Python Lists Wrong Output

Question

Below I have the code. At ex2 and ex3, lst[2] and lst[3] show the different output. For example:

At ex3, lst[2] shows the output of 5 which is correct but
at ex2, lst[2] shows the output of 4 which is not correct because lst[2] should be added by 2, not by one

Why is that? What did I type wrong? I am new to python so any help would be nice. Thanks

def add_indexes(lst):
    for x in range(len(lst)):
        if lst[x] == lst[0]:
            lst[x] += 0

        elif lst[x] == lst[1]:
            lst[x] += 1

        elif lst[x] == lst[2]:
            lst[x] += 2

        elif lst[x] == lst[3]:
            lst[x] += 3

        elif lst[x] == lst[4]:
            lst[x] += 4

    return lst

ex1 = [0, 0, 0, 0, 0]
ex2 = [1, 2, 3, 4, 5]
ex3 = [5, 4, 3, 2, 1]
print(add_indexes(ex1))
print(add_indexes(ex2))
print(add_indexes(ex3))

Answer 1

I see a lot of correct answers here,but I wanted to point out the mistake you have made.

---

From what I could see ,you're trying the check for each individual case of the index in your list and adding the corresponding index to the value stored at that particular list. Considering from this point of view ,the "if" condition you have choose:

if lst[x] == lst[0]:
elif lst[x] == lst[1]:
elif lst[x] == lst[2]:
elif lst[x] == lst[3]:
elif lst[x] == lst[4]:

This checks if the value at the current index is equal to the value at each indices 0,1,2,3,4. This makes the list dynamic as explained by @CanciuCostin.

---

The right way to do it will look something like this:

   for x in range(len(lst)):
        if x == 0:
            lst[x] += 0

        elif x == 1:
            lst[x] += 1

        elif x == 2:
            lst[x] += 2

        elif x == 3:
            lst[x] += 3

        elif x == 4:
            lst[x] += 4

But this is an inefficient way.Thanks to @Sai Sreenivas for his improved efficient code to tackle your problem.

Answer 2

I would recommend doing this another way -

[np.sum(i) for i in enumerate(ex2)]

[1, 4, 6, 9, 13]

[np.sum(i) for i in enumerate(ex2)]

[5, 6, 7, 8, 9]

Answer 3

Mistake:

You are changing the values iteratively, so when x = 2 already lst[1] is 3, so it's adding only 1 to lst[2]

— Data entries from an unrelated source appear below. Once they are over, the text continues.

// Measuring a full window: differential, twice the restraint, harmonics, start and blocking of the three systems.

#![tactic(auto)]

ghost use Rattle.std.specs.Prelude.{◌≡◌, ◌&&◌, ◌||◌, ◌*◌, ◌≤◌, ◌<◌, ◌-ℤ◌};
ghost use Rattle.matching.specs.Sets.{system};
ghost use Rattle.characteristic.specs.Characteristic.{starts as starts_of, common_on};
ghost use Rattle.measuring.specs.Folded.{combined as combined_of, CombinedInput, PartsLike, Folds, part_at, over_ends, FirstOf, twice_restraint_by};
ghost use Rattle.measuring.specs.Folded.{currents_with, currents_by};
ghost use Rattle.measuring.specs.Measuring.{start, readings_of, ReadingsBy};
ghost use Rattle.measuring.specs.Ends.{part_of, AmplitudesFrom, StepsInput, taken as taken_of, MadeOf, MeasuresEnds};
ghost use Rattle.measuring.specs.Holding.{CommonBlocking};
ghost use Rattle.measuring.specs.OneEnd.{OneEndAmplitude};
ghost use Rattle.measuring.specs.WindowInput.{WindowInput, Ends, Measurable, SystemInput};

use characteristic::{Currents, Held};
use setting::Setting;
use systems::Systems;

// What is measured of a system: its currents, in thousandths of reference current, with r twice the restraint; start, blocked.
#[derive(Clone, Copy)]
pub struct Reading {
    pub d: u32,
    pub r: u32,
    pub h2: u32,
    pub h5: u32,
    pub start: bool,
    pub blocked: bool,
}

// Those of systems 1, 2 and 3.
pub type Readings = Systems<Reading>;

// What is measured of the three systems, and the h = 1 amplitudes of the ends where they are asked for: number 3 z + y is of end z and system y.
#[derive(Clone, Copy)]
pub struct WithEnds {
    pub readings: Readings,
    pub amplitudes: [u32; 12],
}

// The sum of number i of each set, each times its share w.
fn combined(win: &[i32], w: [i32; 12], i: usize) -> i32
    requires { CombinedInput win.now w i }
    ensures { result ≡ combined_of win.now w i }
{
    let mut sum = 0;
    for k in 0..12 {
        sum += w[k] * win[12 * k + i];
    }
    sum
}

// A window in parts, and the number of ends in use: number 12 p + 3 z + y is part p of end z and system y.
#[derive(Drop)]
struct Folded {
    parts: [i32; 72],
    ends: usize,
    ghost like: { PartsLike parts },
    ghost used: { Ends ends },
}

impl Folded {
    // The six parts of c and s, each for the twelve numbers of a set. Those stand side by side, so that the compiler takes several at a time; shares from
    // −2 to 2 leave it nothing to multiply.
    fn new(win: &[i32], ends: u8) -> Folded
        requires window { WindowInput win.now }
        requires ends { Ends ends }
        ensures parts { Folds win.now result.parts }
        ensures ends { result.ends ≡ ends }
    {
        let mut parts = [0; 72];
        for i in 0..12 {
            let c = combined(win, [2, 0, 1, 0, -1, 0, -2, 0, -1, 0, 1, 0], i);
            let c3 = combined(win, [0, 1, 0, 0, 0, -1, 0, -1, 0, 0, 0, 1], i);
            let s = combined(win, [0, 1, 0, 2, 0, 1, 0, -1, 0, -2, 0, -1], i);
            let s3 = combined(win, [0, 0, 1, 0, 1, 0, 0, 0, -1, 0, -1, 0], i);
            let c2 = combined(win, [2, 1, -1, -2, -1, 1, 2, 1, -1, -2, -1, 1], i);
            let s2 = combined(win, [0, 1, 1, 0, -1, -1, 0, 1, 1, 0, -1, -1], i);
            parts[i] = c;
            parts[12 + i] = c3;
            parts[24 + i] = s;
            parts[36 + i] = s3;
            parts[48 + i] = c2;
            parts[60 + i] = s2;
        }
        Folded {
            parts,
            ends: usize::from(ends),
        }
    }

    // Part p of number i of the sets.
    fn part(&self, p: usize, i: usize) -> i32
        requires part { p < 6 }
        requires number { i < 12 }
        ensures { result ≡ part_of self.now.parts p i }
    {
        self.parts[12 * p + i]
    }

    // Part p of end z and system y.
    fn at(&self, p: usize, z: usize, y: usize) -> i32
        requires part { p < 6 }
        requires end { z < 4 }
        requires system { y < 3 }
        ensures { result ≡ part_at self.now.parts p z y }
    {
        self.part(p, 3 * z + y)
    }

    // Part p of the sum over the ends in use.
    fn over_ends(&self, p: usize, y: usize) -> i32
        requires part { p < 6 }
        requires system { y < 3 }
        ensures { result ≡ over_ends self.now.ends self.now.parts p y }
    {
        let two = self.at(p, 0, y) + self.at(p, 1, y);
        if self.ends == 2 {
            return two;
        }
        let three = two + self.at(p, 2, y);
        if self.ends == 3 {
            return three;
        }
        three + self.at(p, 3, y)
    }

    // Part p of end 0 minus end 1.
    fn between(&self, p: usize, y: usize) -> i32
        requires part { p < 6 }
        requires system { y < 3 }
        ensures { result ≡ part_at self.now.parts p 0 y -ℤ part_at self.now.parts p 1 y }
    {
        self.at(p, 0, y) - self.at(p, 1, y)
    }

    // The h = 1 amplitude of number i of the sets.
    fn amplitude(&self, i: usize) -> u32
        requires { i < 12 }
        ensures { FirstOf (λ p. part_of self.now.parts p i) result }
    {
        amplitude::amplitude(
            self.part(0, i),
            self.part(1, i),
            self.part(2, i),
            self.part(3, i),
        )
    }

    // How many numbers of a set have their amplitudes taken: those of the ends in use; with two ends R is not made of them, so none unless they are asked for.
    fn taken(&self, asked: bool) -> usize
        ensures { result ≡ taken_of self.now.ends asked }
    {
        if self.ends == 2 && !asked {
            0
        } else {
            3 * self.ends
        }
    }

    // The h = 1 amplitudes of the numbers from first on in steps of step, below n, each in its place; the others are 0.
    fn amplitudes(&self, first: usize, step: usize, n: usize) -> [u32; 12]
        requires { StepsInput first step n }
        ensures { AmplitudesFrom self.now.parts first step n n result }
    {
        let mut a = [0; 12];
        for i in (first..n).step_by(step) {
            a[i] = self.amplitude(i);
        }
        a
    }

    // R, twice the restraint, where a has the amplitudes that it is made of.
    fn twice_restraint(&self, y: usize, a: &[u32; 12]) -> u32
        requires system { y < 3 }
        requires made { MadeOf self.now.ends self.now.parts y a.now }
        ensures { result ≡ twice_restraint_by self.now.ends self.now.parts y }
    {
        if self.ends == 2 {
            return amplitude::amplitude(
                self.between(0, y),
                self.between(1, y),
                self.between(2, y),
                self.between(3, y),
            );
        }
        a[y] + a[3 + y] + a[6 + y] + a[9 + y]
    }

    // D, H2 and H5 of system y, and the given R.
    fn currents_with(&self, y: usize, r: u32) -> Currents
        requires { y < 3 }
        ensures { result ≡ currents_with self.now.ends self.now.parts y r }
    {
        let c = self.over_ends(0, y);
        let c3 = self.over_ends(1, y);
        let s = self.over_ends(2, y);
        let s3 = self.over_ends(3, y);
        let c2 = self.over_ends(4, y);
        let s2 = self.over_ends(5, y);
        Currents {
            d: amplitude::amplitude(c, c3, s, s3),
            r,
            h2: amplitude::amplitude(c2, 0, 0, s2),
            h5: amplitude::amplitude(c, -c3, s, -s3),
        }
    }

    // D, R, H2 and H5 of system y, where a has the amplitudes that R is made of.
    fn currents(&self, y: usize, a: &[u32; 12]) -> Currents
        requires system { y < 3 }
        requires made { MadeOf self.now.ends self.now.parts y a.now }
        ensures { result ≡ currents_by self.now.ends self.now.parts y }
    {
        self.currents_with(y, self.twice_restraint(y, a))
    }
}

// Whether system y starts.
pub fn started(v: Setting, win: &[i32], y: usize) -> bool
    requires { SystemInput v win.now y }
    ensures { result ≡ start v win.now (system y) }
{
    let f = Folded::new(win, v.ends);
    let a = f.amplitudes(y, 3, f.taken(false));
    characteristic::starts(v, f.currents(y, &a))
}

// Whether all systems are blocked: with common blocking on, when any holds back others.
fn common(v: Setting, h: Systems<Held>) -> bool
    ensures { result ≡ (common_on v && (h.a.others || (h.b.others || h.c.others))) }
{
    v.flags / 4 % 2 == 1 && (h.a.others || h.b.others || h.c.others)
}

// What is measured of a system, from its currents, whether it has harmonics, and whether all are blocked.
fn system_reading(v: Setting, c: Currents, own: bool, any: bool) -> Reading
    requires { v.thresholds.basic ≤ 2 * v.thresholds.knee }
    ensures { result ≡ record { d = c.d; r = c.r; h2 = c.h2; h5 = c.h5; start = starts_of v c.d c.r; blocked = own || any } }
{
    Reading {
        d: c.d,
        r: c.r,
        h2: c.h2,
        h5: c.h5,
        start: characteristic::starts(v, c),
        blocked: own || any,
    }
}

// What is measured of the three systems, from their currents.
fn readings_by(v: Setting, c: Systems<Currents>) -> Readings
    requires { v.thresholds.basic ≤ 2 * v.thresholds.knee }
    ensures { ReadingsBy v c.a c.b c.c result }
{
    let held = c.map(|c| characteristic::blocking(v, c));
    let any = common(v, held);
    c.map_with(held, |c, h| system_reading(v, c, h.own, any))
}

// What is measured of the three systems over a full window, and the ends' amplitudes where they are asked for. Those that R is made of are taken once.
pub fn measure_ends(v: Setting, win: &[i32], asked: bool) -> WithEnds
    requires { Measurable v win.now }
    ensures { MeasuresEnds v win.now asked result }
{
    let f = Folded::new(win, v.ends);
    let amplitudes = f.amplitudes(0, 1, f.taken(asked));
    let c = Systems {
        a: f.currents(0, &amplitudes),
        b: f.currents(1, &amplitudes),
        c: f.currents(2, &amplitudes),
    };
    WithEnds {
        readings: readings_by(v, c),
        amplitudes,
    }
}

// What is measured of the three systems.
pub fn measure(v: Setting, win: &[i32]) -> Readings
    requires { Measurable v win.now }
    ensures { result ≡ readings_of v win.now }
{
    measure_ends(v, win, false).readings
}

// Which systems hold back others (§ Characteristic and trip 3): no code, the statement and its proof.
pub fn common_blocking()
    ensures { CommonBlocking }
{}

// At a fault fed from one end D and R are that end's amplitude: no code, the statement and its proof.
pub fn one_end()
    ensures { OneEndAmplitude }
{}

I think you're trying to add numbers based on their position in the list. You can simply do this:

ex1 = [0, 0, 0, 0, 0]
for i in range(len(ex1)):
    ex1[i] += i
print(ex1)

output:

[0, 1, 2, 3, 4]

Answer 4

The reason is that you are first updating the values for lst[1] from 2 to 3, meaning that at the next iteration lst[1] == lst[2] will apply instead.

Starting

lst = [1,2,3,4,5]

Iteration 0:

x=0 => nothing changes

Iteration 1:

x=1 => lst[1] == lst[1] => lst[1]+=1 => lst[1] =3

Iteration 2:

x=2 => lst[2] == lst[1] => lst[2]+=1 => lst[2] =3

For your requirement you can simply use list comprehension:

ex2 = [1, 2, 3, 4, 5]
result = [x+ind for ind, x in enumerate(ex2)]

Output:

>>> result
[1, 3, 5, 7, 9]

Answer 5

From the OP's comment:

Given a list of numbers, create a function which returns the list but with each element's index in the list added to itself. This means you add 0 to the number at index 0, add 1 to the number at index 1, etc...

The function can be as simple as this:

def add_indexes(lst):
    for x in range(len(lst)):
        if lst[x] += x:
    return lst

Answer 6

That's because you increase the list on the fly, after 2 loops you have something like that:

lst = [1,3,3,4,5]

so condition:

elif lst[x] == lst[1]:
    lst[x] += 1

gets real and you increase 3 by 1 instead of increasing by 2. Try adding operation on a copy of the list or on an empty list and append items.